### MATERIAL FOR THIS EXERCISE ###
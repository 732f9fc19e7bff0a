//! Copies that no program makes: of a reply, an entry, the rows, a change and a person.
use sm_model::{
    Act, Bytes, Change, Copied, Entry, List, Mark, Moment, NoMemory, OfSecret, Person,
    RandomPassword, Reply, Request, Rows, Text,
};
use std::alloc::Global;
use std::process::Abort;
use std::test::Fail;

fn has_same_password(alloc: Global) -> Result<bool, NoMemory> {
    let reply = Reply::GetRandomPassword(RandomPassword {
        random_password: Text::fixed("p"),
    });
    match &reply.copy(alloc)? {
        Reply::GetRandomPassword(copy) => Ok(copy.random_password.as_str() == "p"),
        _ => Ok(false),
    }
}

fn entry(alloc: Global) -> Mark {
    let request = Request::DescribeSecret(OfSecret {
        secret_id: Text::fixed("n"),
    });
    Mark::Entry(Entry {
        moment: Moment(8),
        caller: Text::fixed("ADA"),
        by: Text::fixed("arn:aws:iam::000000000000:user/ada"),
        drawn: Bytes::empty(alloc),
        act: Act::Asked(request),
        prunes: true,
    })
}

fn has_same_caller(alloc: Global) -> Result<bool, NoMemory> {
    match &entry(alloc).copy(alloc)? {
        Mark::Entry(copy) => Ok(copy.caller.as_str() == "ADA"),
        Mark::Claim(_, _, _) | Mark::Fault => Ok(false),
    }
}

fn has_same_serial(alloc: Global) -> Result<bool, NoMemory> {
    let rows = Rows {
        next: 5,
        secrets: List::empty(alloc),
    };
    Ok(rows.copy(alloc)?.next == 5)
}

fn drops_the_same(alloc: Global) -> Result<bool, NoMemory> {
    match Change::Drop(3).copy(alloc)? {
        Change::Drop(serial) => Ok(serial == 3),
        _ => Ok(false),
    }
}

fn has_same_key(alloc: Global) -> Result<bool, NoMemory> {
    let person = Person {
        key: Text::fixed("ADA"),
        arn: Text::fixed("arn"),
        full: true,
    };
    Ok(person.copy(alloc)?.key.as_str() == "ADA")
}

#[test]
fn copies_are_the_same(rt: HostRuntime) -> Result<(), Fail> {
    let alloc = rt.alloc();
    assert!(rt; has_same_password(alloc)?, "a reply");
    assert!(rt; has_same_caller(alloc)?, "an entry");
    assert!(rt; has_same_serial(alloc)?, "rows");
    assert!(rt; drops_the_same(alloc)?, "a change");
    assert!(rt; has_same_key(alloc)?, "a person");
    Ok(())
}
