ghost use Rattle.std.specs.Prelude.{◌≡◌, length, take};
ghost use Rattle.port.specs.Client.{counted};
ghost use Rattle.port.specs.Meaning.{at_start};

use crate::owner::*;
use port::client::count_into;
use port::{RecordPort, SquareWave};
use procedure::{Reason, Refusal};

/// What a client leaves in `places`: the first hold what it put.
fn count_into_places<'p>(numbers: &[i32], places: &'p mut [i32], limit: u16) -> &'p mut [i32]
    ensures taken_first { take (length (counted limit (at_start numbers.now (length places.old))).taken) result.now ≡ (counted limit (at_start numbers.now (length places.old))).taken }
{
    let mut port = RecordPort::new(numbers, places);
    let _ = count_into(&mut port, limit);
    port.into_places()
}

/// A limit, and what the client counts up to it where five numbers wait.
const COUNTS: [(u16, i32); 5] = [(0, 0), (1, 1), (4, 4), (5, 5), (65535, 5)];

fn wave(amplitude: i32, half_period: u32, count: u32) -> SquareWave {
    SquareWave {
        amplitude,
        half_period,
        count,
    }
}

#[test]
fn client_at_both_ports(rt: HostRuntime) {
    for (limit, count) in COUNTS {
        let numbers = [5, 5, -5, -5, 5];
        let mut places = [7; 2];
        assert_eq!(rt; count_record(&numbers, limit), Some(count));
        assert_eq!(rt; count_wave(wave(5, 2, 5), limit), Ok(Some(count)));
        count_into_places(&numbers, &mut places, limit);
        assert_eq!(rt; places, [count, 7]);
    }
}

#[test]
fn front_of_a_wave(rt: HostRuntime) {
    let mut numbers = [0; 7];
    assert_eq!(rt; read_wave(wave(5, 2, 5), &mut numbers), Ok(5));
    assert_eq!(rt; numbers, [5, 5, -5, -5, 5, 0, 0]);
    assert_eq!(rt;
        read_wave(wave(8_388_607, 10_000, 1_000_000), &mut numbers),
        Ok(1_000_000)
    );
    assert_eq!(rt; numbers, [8_388_607; 7]);
}

/// Limits of which one is out of its range.
const OUT_OF_RANGE: [(i32, u32, u32); 5] = [
    (-1, 1, 0),
    (8_388_608, 1, 0),
    (0, 0, 0),
    (0, 10_001, 0),
    (0, 1, 1_000_001),
];

#[test]
fn limits_out_of_range(rt: HostRuntime) {
    let unset = Refusal {
        reason: Reason::Unset,
        node: 0,
    };
    for (amplitude, half_period, count) in OUT_OF_RANGE {
        assert_eq!(rt;
            count_wave(wave(amplitude, half_period, count), 1),
            Err(unset)
        );
    }
    assert_eq!(rt; unset.reason.number(), 16);
}

#[test]
fn places_of_a_record(rt: HostRuntime) {
    let mut places = [7; 3];
    pass_first(&[-2147483648, 1], &mut places);
    assert_eq!(rt; places, [-2147483648, 7, 7]);
    assert_eq!(rt;
        pass_first_on(&[], &mut places).first().copied(),
        Some(-2147483648)
    );
    assert_eq!(rt; pass_first_on(&[1], &mut []).first().copied(), None);
}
###
** TASK DESCRIPTION **
Search the lines above for the string "bool", then show every one that has it.

** RESPONSE TO THE TASK **
fn has_same_password(alloc: Global) -> Result<bool, NoMemory> {
fn has_same_caller(alloc: Global) -> Result<bool, NoMemory> {
fn has_same_serial(alloc: Global) -> Result<bool, NoMemory> {
fn drops_the_same(alloc: Global) -> Result<bool, NoMemory> {
fn has_same_key(alloc: Global) -> Result<bool, NoMemory> {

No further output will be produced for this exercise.